▸ Problem to solve: Among the lines of the records, count those containing the word "Brand", then give the number alone.

▸ Information provided:

// Runs by chance.

ghost use Rattle.std.specs.Prelude.{◌≡◌, ◌≢◌, ◌≤◌, All, IfOk, option_map, true};
ghost use Rattle.mj_dev.specs.Shelves.{principal};
ghost use Rattle.mj_sys.specs.Shared.{are_global};
ghost use Rattle.mj_script.specs.Scripts.{opening_in, supply_names};
ghost use Rattle.mj_search.specs.Goals.{IsGoalOf};

use crate::printed::{explored_text, refusal_of, refusal_text};
use crate::told::told_ends;
use mj_begin::{Beginning, begin, file_bytes, refused, routine_bytes, routine_name};
use mj_chance::put_steps;
use mj_command_line::Explore;
use mj_drafts::{Choice, Lockable, ProgramError, Word, print, stopped, tell_trouble, write_file};
use mj_explore::{Explored, Goal, Search, Tally};
use mj_files::{BYTES_LIMIT, Side, Trouble, read_device, whole};
use mj_globs::Globals;
use mj_judge::condition;
use mj_script::{Script, Source, Supply, Unread};
use mj_sys::Opening;
use mj_text::Fault;
use std::alloc::{AllocError, Global};
use std::io::{Read, Write};
use std::marker::Brand;
use std::rt::Files;

/// Makes the runs that are ordered, tells of them, keeps the steps of one that shows what is looked for, and gives the exit status. An expression that faults
/// over what the first run left is refused: nothing is told of the run then, and no steps are kept.
pub fn explore<R: Files + AllocGlobal + Copy + Drop, I: Read, O: Write, E: Write>(
    rt: R,
    order: &Explore<'_>,
    input: &mut I,
    out: &mut O,
    err: &mut E,
) -> u8
where
    R::File: Lockable,
    ensures { result ≤ 4 }
{
    match explored(rt, order, input) {
        Ok(explored) => {
            let status = told(&rt, order, &explored, out, err);
            drop(explored);
            status
        }
        Err(stop) => {
            let stop = of_keep(stop);
            refused(&rt, &order.run, &stop, err)
        }
    }
}

// Why it stops, by the words of this command: the file that the steps go to stands for that of the trace.
fn of_keep<'a>(stop: ProgramError<'a>) -> ProgramError<'a> {
    match stop {
        ProgramError::Chosen {
            option: Choice::Trace,
            value,
        } => ProgramError::Chosen {
            option: Choice::Keep,
            value,
        },
        other => other,
    }
}

// Makes the runs.
fn explored<'a, R: Files + AllocGlobal + Copy + Drop, I: Read>(
    rt: R,
    order: &Explore<'a>,
    input: &mut I,
) -> Result<Explored, ProgramError<'a>>
where
    R::File: Lockable,
{
    let goal = goal_of(rt.alloc(), order.until)?;
    let (script, globals) = script_of(rt, order, input)?;
    let search = Search {
        seed: order.seed,
        runs: order.runs,
    };
    let explored = runs_over(rt.alloc(), &script, &globals, &goal, search);
    drop(goal);
    drop(script);
    drop(globals);
    Ok(explored?)
}

// What is looked for, by the word for it.
fn goal_of<'a>(alloc: Global, until: Option<&'a str>) -> Result<Option<Goal>, ProgramError<'a>>
    ensures { IfOk result (IsGoalOf (option_map (λ word. word.now) until.entry)) }
{
    let Some(word) = until else {
        return Ok(None);
    };
    match word {
        "fault" => Ok(Some(Goal::Fault)),
        "stuck" => Ok(Some(Goal::Stuck)),
        "clash" => Ok(Some(Goal::Clash)),
        _ => match condition(alloc, word.as_bytes())? {
            Some(script) => Ok(Some(Goal::False(script))),
            None => Err(ProgramError::Chosen {
                option: Choice::Until,
                value: word,
            }),
        },
    }
}

// What the runs begin with, read as for any run, and the globals. Standard input is read behind all files.
fn script_of<'a, R: Files + AllocGlobal + Copy + Drop, I: Read>(
    rt: R,
    order: &Explore<'a>,
    input: &mut I,
) -> Result<(Script, Globals), ProgramError<'a>>
where
    R::File: Lockable,
    ensures { IfOk result (λ r. are_global r.1.content ≡ true) }
{
    let (beginning, outlet) = begin(rt, &order.run, input)?;
    drop(outlet);
    let sources = sources(&rt, &order.run.files)?;
    let supplies = supplies(&rt, &order.run.devices)?;
    let lines = lines(rt.alloc(), order.stdin, input)?;
    let Beginning {
        steps,
        image,
        globals,
        pool,
        starts,
    } = beginning;
    // what a core would begin with besides
    drop(image);
    drop(pool);
    drop(steps);
    match Script::new(rt.alloc(), sources, starts, lines, supplies) {
        Ok(script) => Ok((script, globals)),
        Err(Unread::Memory) => Err(ProgramError::Memory),
        Err(Unread::Routine(refusal)) => Err(ProgramError::Routine(refusal)),
        Err(Unread::Twice { name }) => Err(ProgramError::Twice(Word { name })),
    }
}

// The bytes of standard input, where they are asked for.
fn lines<'a, I: Read>(
    alloc: Global,
    stdin: bool,
    input: &mut I,
) -> Result<Vec<u8>, ProgramError<'a>> {
    if !stdin {
        return Ok(Vec::new(alloc));
    }
    match whole(alloc, input, BYTES_LIMIT) {
        Ok(bytes) => Ok(bytes),
        Err(Trouble::Memory) => Err(ProgramError::Memory),
        Err(Trouble::Failed) => Err(ProgramError::File("-")),
    }
}

// The routines in these files.
fn sources<'a, R: Files + AllocGlobal>(
    rt: &R,
    files: &[&'a str],
) -> Result<Vec<Source>, ProgramError<'a>> {
    let mut sources = Vec::new(rt.alloc());
    for file in files {
        let source = Source {
            name: routine_name(rt.alloc(), *file)?,
            bytes: routine_bytes(rt, *file)?,
        };
        if sources.push(source).is_err() {
            return Err(ProgramError::Memory);
        }
    }
    Ok(sources)
}

// The devices that these words name. One that gives the lines of a file has them from now on, and what is written to another goes nowhere.
fn supplies<'a, R: Files + AllocGlobal>(
    rt: &R,
    words: &[&'a str],
) -> Result<Vec<Supply>, ProgramError<'a>>
    ensures { IfOk result (λ supplies. All (λ name. name ≢ principal) (supply_names supplies.items)) }
{
    let mut supplies = Vec::new(rt.alloc());
    for word in words {
        let Some(device) = read_device(rt.alloc(), *word)? else {
            return Err(ProgramError::Chosen {
                option: Choice::Device,
                value: *word,
            });
        };
        let bytes = match device.side {
            Side::In => file_bytes(rt, device.file)?,
            Side::Out => Vec::new(rt.alloc()),
        };
        let supply = Supply {
            name: device.name,
            bytes,
        };
        if supplies.push(supply).is_err() {
            return Err(ProgramError::Memory);
        }
    }
    Ok(supplies)
}

// Makes the runs over these globals.
fn runs_over(
    alloc: Global,
    script: &Script,
    globals: &Globals,
    goal: &Option<Goal>,
    search: Search,
) -> Result<Explored, AllocError>
    requires { are_global globals.now.content ≡ true }
{
    runs_from::<Brand>(alloc, script, globals, goal, search)
}

// Makes the runs from an opening.
fn runs_from<G: Opening>(
    alloc: Global,
    script: &Script,
    globals: &Globals,
    goal: &Option<Goal>,
    search: Search,
) -> Result<Explored, AllocError>
    requires opening { opening_in script.now globals.now.content ≡ G.opening }
    requires global { are_global globals.now.content ≡ true }
{
    mj_explore::explore::<G>(alloc, script, globals, goal.as_ref(), search)
}

// Tells of the runs, unless the expression is refused, and gives the exit status.
fn told<R, O, E>(rt: &R, order: &Explore<'_>, explored: &Explored, out: &mut O, err: &mut E) -> u8
where
    R: Files + AllocGlobal,
    R::File: Lockable,
    O: Write,
    E: Write,
    ensures { result ≤ 4 }
{
    match refusal_of(explored) {
        Some(fault) => refuse(rt.alloc(), order.until, fault, explored.tally, err),
        None => tell(rt, order, explored, out, err),
    }
}

// Refuses an expression, says by which fault and what the first run came to, and gives the exit status.
fn refuse<E: Write>(
    alloc: Global,
    until: Option<&str>,
    fault: Fault,
    tally: Tally,
    err: &mut E,
) -> u8
    ensures { result ≡ 3 }
{
    let stop = ProgramError::Chosen {
        option: Choice::Until,
        value: expression_of(until),
    };
    let status = stopped(&stop, err);
    // Where memory is refused, or this can't be written, the line alone tells.
    if let Ok(text) = refusal_text(alloc, fault, tally) {
        let _ = err.write_all(&text);
    }
    status
}

// The words of an expression that was looked for.
fn expression_of<'a>(until: Option<&'a str>) -> &'a str {
    match until {
        Some(word) => word,
        None => "",
    }
}

// Prints what is told of the runs, and then keeps the steps that were found, where a file is named for them. Where the one can't be done the other still is,
// unless memory was refused.
fn tell<R, O, E>(rt: &R, order: &Explore<'_>, explored: &Explored, out: &mut O, err: &mut E) -> u8
where
    R: Files + AllocGlobal,
    R::File: Lockable,
    O: Write,
    E: Write,
    ensures { result ≤ 4 }
{
    let Ok((text, found)) = explored_text(rt.alloc(), explored, order.until) else {
        return stopped(&ProgramError::Memory, err);
    };
    let printed = tell_trouble(print(&text, out), err);
    drop(text);
    let kept = tell_trouble(keep(rt, order, explored), err);
    if order.run.hints {
        tell_more(rt.alloc(), explored, err);
    }
    found.max(printed).max(kept)
}

// Tells more of the runs: their ends. Where memory is refused, or this can't be written, nothing more is told.
fn tell_more<E: Write>(alloc: Global, explored: &Explored, err: &mut E) {
    if let Ok(bytes) = told_ends(alloc, &explored.ends) {
        let _ = err.write_all(&bytes);
    }
}

// Writes the steps that were found to the file that is named for them.
fn keep<'a, R: Files + AllocGlobal>(
    rt: &R,
    order: &Explore<'a>,
    explored: &Explored,
) -> Result<(), ProgramError<'a>>
where
    R::File: Lockable,
{
    let (Some(file), Some(found)) = (order.keep, &explored.found) else {
        return Ok(());
    };
    let bytes = put_steps(rt.alloc(), &found.steps)?;
    let kept = write_file(rt, file, &bytes);
    drop(bytes);
    kept
}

▸ Response area: 2